“The doctor will be here in a moment, Mr. Cameron.” The nurse pulled the door behind her as she left, and I turned toward Tommy, sitting at the end of the examining table, his white-sheathed arms wrapped around himself in an involuntary embrace.
“What happened?” I said. My voice echoed in the bare room.
He looked down at his dangling feet, the only limbs still free. He moved them aimlessly as if he were sitting on a dock, cooling his toes in the water. He acted like he belonged here, like it wasn’t all a mistake. But it had to be.
“Tommy, what happened?” I repeated, with a bit more force than I’d intended. He didn’t answer. That used to be his way of getting at me—acting vacant, giving me a “Duhhh…” when he didn’t feel like answering. Now, he wasn’t kidding. He was sitting at the edge of that table like an idiot—so help me, that’s exactly what was going through my mind—my older brother looking like the village idiot. I took him by the shoulders of that awful jacket and said, “Tommy, tell me what is going on!” He looked at me—an unfocused, distant stare—and then he looked away.
I felt someone’s hand on my shoulder, and heard a soft voice say, “Mr. Cameron, why don’t you join me in the next room?”
It was a thin, severe-looking, middle-aged woman with black hair pulled tightly back in a barrette. On her coat was embroidered in cursive writing, “Dr. Landis.” She was the man in the white coat, I thought. The one who comes to take you away.
We stood behind a one-way mirror and watched Tommy from the other room. I couldn’t shake the sensation that all this really wasn’t happening, that sooner or later I’d wake up. I’d call tom and we’d laugh about this dream. I touched the glass in front of me. It was solid.

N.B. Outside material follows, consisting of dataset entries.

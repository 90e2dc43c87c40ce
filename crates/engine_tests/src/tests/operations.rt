use rent_table::{CancelHandle, OpDone, Operations};
use std::process::Abort;

/// Each call that can find no memory answers otherwise where there is memory.
#[test]
fn each_call(rt: HostRuntime) {
    let mut operations = Operations::new(rt.alloc());
    assert!(rt; operations.reserve(3).is_ok());
    assert!(rt; operations.reserve_step().is_ok());
    joins_twice(&rt, &mut operations);
}

/// An operation is joined to two handles, and what is joined to the second is listed.
fn joins_twice(rt: &impl Abort, operations: &mut Operations) {
    let (first, second) = two_handles(rt, operations);
    start(rt, operations, 9);
    join(rt, operations, first, 9);
    join(rt, operations, second, 9);
    assert_joined(rt, operations, second, &[9]);
}

fn two_handles(rt: &impl Abort, operations: &mut Operations) -> (CancelHandle, CancelHandle) {
    let first = operations.new_handle().expect(rt, "memory");
    let second = operations.new_handle().expect(rt, "memory");
    (first, second)
}

fn start(rt: &impl Abort, operations: &mut Operations, number: u64) {
    assert!(rt; operations.reserve(1).is_ok());
    if !operations.knows(number) {
        operations.start(number, false);
    }
}

fn join(rt: &impl Abort, operations: &mut Operations, handle: CancelHandle, number: u64) {
    assert!(rt; operations.join(handle, number).is_ok());
}

/// Asserts that exactly these numbers are joined to the handle.
fn assert_joined(rt: &impl Abort, operations: &Operations, handle: CancelHandle, numbers: &[u64]) {
    let joined = operations.joined(handle).expect(rt, "memory");
    assert_eq!(rt; joined.as_slice(), numbers);
}

/// The joins of an operation end with it, and no others. Of the operations 9, 2 and 5 the first is
/// joined to both handles, and the last to the first handle.
#[test]
fn joins_end(rt: HostRuntime) {
    let mut operations = Operations::new(rt.alloc());
    let (first, second) = two_handles(&rt, &mut operations);
    start_three(&rt, &mut operations);
    join_three(&rt, &mut operations, first, second);
    resolve(&mut operations, 9);
    assert_joined(&rt, &operations, first, &[5]);
    assert_joined(&rt, &operations, second, &[]);
}

fn start_three(rt: &impl Abort, operations: &mut Operations) {
    for number in [9, 2, 5] {
        start(rt, operations, number);
    }
}

fn join_three(
    rt: &impl Abort,
    operations: &mut Operations,
    first: CancelHandle,
    second: CancelHandle,
) {
    join(rt, operations, first, 9);
    join(rt, operations, second, 9);
    join(rt, operations, first, 5);
    assert_joined(rt, operations, first, &[5, 9]);
    assert_joined(rt, operations, second, &[9]);
}

fn resolve(operations: &mut Operations, number: u64) {
    if let Some(flight) = operations.flight(number) {
        let outcome = OpDone {
            result: 0,
            flags: 0,
            buf: None,
            quiet: false,
        };
        operations.resolve(number, flight, outcome);
    }
}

Tommy went back to watching his feet. The doctor must have been standing back here before, observing my brother and me like two bugs in a jar. She had probably been sizing me up, too, diagnosing me.
“Could you please take that jacket off him?” I said.
“Yes, we will,” she said. Her voice was a low whisper. “He doesn’t seem to be a danger to himself anymore.” She stood behind me, the two of us peeping through the glass at Tom. “I was hoping that you might be able to elicit a reaction,” she said.
I was going to ask her what happened, but before I could ask, she began to tell me. Tommy had called the crisis center shouting, she said, shouting that something was about to happen. When the operator asked what he meant, Tom said something like, “I just need some talk-back!”
“Talk-back? What is that?” I said.
She didn’t know. She thought I might know. She waited, then continued. After he said this, he accused the operator of not wanting to listen to him, and dropped the receiver, leaving it off the hook. When the paramedics got to his building he was on the roof, sitting out on the edge of a cornice, dangling his feet, just as he sat now on the examining table. According to the rescue team, when they pulled him back to safety, he flailed and resisted, but he didn’t say a word.
The doctor stopped talking. I felt like screaming at Tommy, “Cut it out!” but with that glass between us, my words would have only bounced back to me, unheard. The doctor, standing at my shoulder, resumed speaking in her low tone, telling me that it might have been an isolated incident, but then what about his unresponsive state? Had he been acting erratically? Had he been depressed? No, no, I said. I couldn’t think. The last thing I heard her say was that they’d keep him there for observation, and then I stopped listening.
Pulling out of the dark parking lot I passed the “St. Mark’s Hospital” sign, and I thought of the directions Annie and I gave people who were driving to our house for the first time. We used this place as a landmark. “Turn left at the loony bin,” we always said. Ha ha.